Ita Buttrose will chair the ABC board. Here are five verbs to help futureproof it
News that Ita Buttrose will take the reins as the new chair of the ABC has brought months of uncertainty at the public broadcaster to an end.
It also caps what author and board advisor Marc Stigter calls an "extraordinary" and "unprecedented" level of turmoil at the top.
Former chairman Justin Milne resigned at the height of that turmoil, following allegations he interfered with editorial decisions and demanded senior journalists be sacked — charges he strongly denied.
Earlier that week, the board had sacked managing director Michelle Guthrie.

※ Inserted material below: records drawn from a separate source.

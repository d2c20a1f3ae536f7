//! What a pass knows, and the rule of the table. No value of a view is made.
use crate::mark::Mark;
use atomic_table::TableRule;
use std::collections::LinkedList;

/// What one seat on the table holds: a number of rights, the cells that it met, those that it won, and the marks
/// that it set, each with its cell. All views together have 16 rights, so that a view with 16 is known to be
/// the only one that met anything.
pub struct View {
    pub rights: u64,
    pub adds: LinkedList<u32>,
    pub wins: LinkedList<u32>,
    pub marks: LinkedList<(u32, Mark)>,
}

/// The rule of the header words. The key is the number of cells.
pub struct HeaderRule;

impl TableRule<(), View, u32> for HeaderRule {
    ghost use Rattle.header_rule.specs.Rule.{KeepsRule, new_view};

    ghost holds = { KeepsRule };

    ghost first = { λ _. new_view 0 };
}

She is now pursuing a wrongful dismissal claim in the courts.
Stigter has some advice — in the form of five simple verbs — for the board going forward.
These verbs, he told RN's Richard Aedy, will help the board futureproof itself, so history doesn't repeat.
1. Boards that can
It's a simple but important question: can the board actually get the job done?

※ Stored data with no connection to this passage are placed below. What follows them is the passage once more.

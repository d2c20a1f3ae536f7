//! What is to be cut off by force at the end of a collection.
ghost use Rattle.std.specs.Prelude.{◌≡◌, ◌&&◌, length, IfOk};
ghost use Rattle.graph_meaning.specs.Roles.{AreRolesOf, cells_of};
ghost use Rattle.assert_registry.specs.Laws.{StandFor};
ghost use Rattle.heap_parts.specs.Parts.{AreDeadAndTraced, FlagTraced, dead_below, placed_in};

use crate::parts::HeapParts;
use graph_meaning::Roles;
use heap_base::OutOfMemory;
use std::alloc::Global;

// Whether an object is both. A function of its own, so that its answer is one value where it is pushed.
fn is_dead_and_traced(is_dead: bool, is_traced: bool) -> bool
    ensures { result ≡ (is_dead && is_traced) }
{
    is_dead && is_traced
}

// For each of so many cells whether its object is asserted dead and traced.
fn dead_and_traced(
    alloc: Global,
    roles: &Roles,
    kept: &[bool],
    cells: u32,
) -> Result<Vec<bool>, OutOfMemory>
    requires roles { cells_of roles.now ≡ cells }
    requires kept { length kept.now ≡ cells }
    ensures { IfOk result (λ flags. flags.items ≡ dead_below roles.now kept.now cells) }
{
    let mut flags = Vec::with_capacity(alloc, cells as usize)?;
    for cell in 0..cells {
        flags.push_reserved(is_dead_and_traced(roles.dead(cell), kept[cell as usize]));
    }
    Ok(flags)
}

impl HeapParts {
    /// For each cell whether its object is asserted dead and traced, by the heap's roles and by what is kept. Answers
    /// `OutOfMemory` when memory runs out.
    pub fn to_clear(
        &self,
        alloc: Global,
        roles: &Roles,
        kept: &[bool],
    ) -> Result<Vec<bool>, OutOfMemory>
        requires of_table { AreRolesOf self.now.cells (length self.now.heap.table.kinds) roles.now }
        requires of_heap { StandFor (placed_in self.now) roles.now self.now.heap }
        requires kept { FlagTraced self.now kept.now }
        ensures { IfOk result (λ flags. AreDeadAndTraced self.now flags.items) }
    {
        let cells = self.table.cells();
        dead_and_traced(alloc, roles, kept, cells)
    }
}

Stigter says the people sitting around the table must work as a "unified entity" — because at the end of the day, everyone is on the same team.
Bringing that team together will be an important first step for Ms Buttrose.
"[The chair has to] unify the board and the public, and co-create with those parties a distinctive path forward," Stigter explained.
Then, attention can be turned to whether the board members have the right mix of skills — and the boldness — to steer the company in the right direction.
2. Boards that know
When scandals like the Volkswagen emissions fraud saga unfold, or a company goes bust, we all ask ourselves: where was the board?
The board's response, Stigter is often: "Sorry, we didn't know."
Stigter says "not knowing" — or not wanting to know — is quite common when it comes to boards.
And that's a problem. As Stigter puts it: information is knowledge, and applied knowledge is power.
"I think boards should take control of their own information needs," Stigter said.
"Boards are too often dependent on the managing director or CEO and the executive team for the flow of information.
"They are all too often information blockages to the board."
3. Boards that want
Being on a board is a complex and demanding job, so members need to really be invested in their role, Stigter says.
"We need people on boards that have the desire and the commitment," he said.
Without that desire, boards can wind up paralysed.
"You've got this whole problem of over-boarding, people being on too many boards," said Stigter, author of Boards that Dare.
"I think people don't understand that time and energy that it takes to really add value to any board nowadays with all the complexities."
4. Boards that are
This point, Stigter says, goes straight to "the being of the board".
There is a future-proofing opportunity for boards to increase their integrity and moral compass; the buck has to stop with the board.
"We want our boards constructed about people with a moral compass, with good values and behaviours who are acting with a certain conscience," Stigter said.
"That is incredibly critical I think, one of the most important virtues."
5. Boards that dare
Last but not least, Stigter says, boards need to be courageous.
"I think courage within a boardroom is a fantastic virtue," he said.
"All the other virtues depend on courage, you could argue."
Boards that are brave can "start seeing and thinking and feeling a little bit differently", Stigter says.
That helps an organisation to grow in new directions, make calculated risks, confront immoral practices, and bounce back from setbacks.
It's also about the courage to have "independence of mind, to follow your own heart, and to challenge the board's own shortcomings".
That can include voicing disagreements with other board members — even if it's the chair.
"Typically the board will be looking to see consistency in its beliefs and opinions, and boards find psychologically it's not comfortable to disagree with each other," Stigter said.
"And boards as a group, as a team of people, try to behave similarly, unfortunately, and conform, and often think similarly as well.
"This is when the groupthink comes in. And this is indeed a disadvantage of not having the diversity of thought."
The ABC started the recruitment process for a new managing director earlier this month.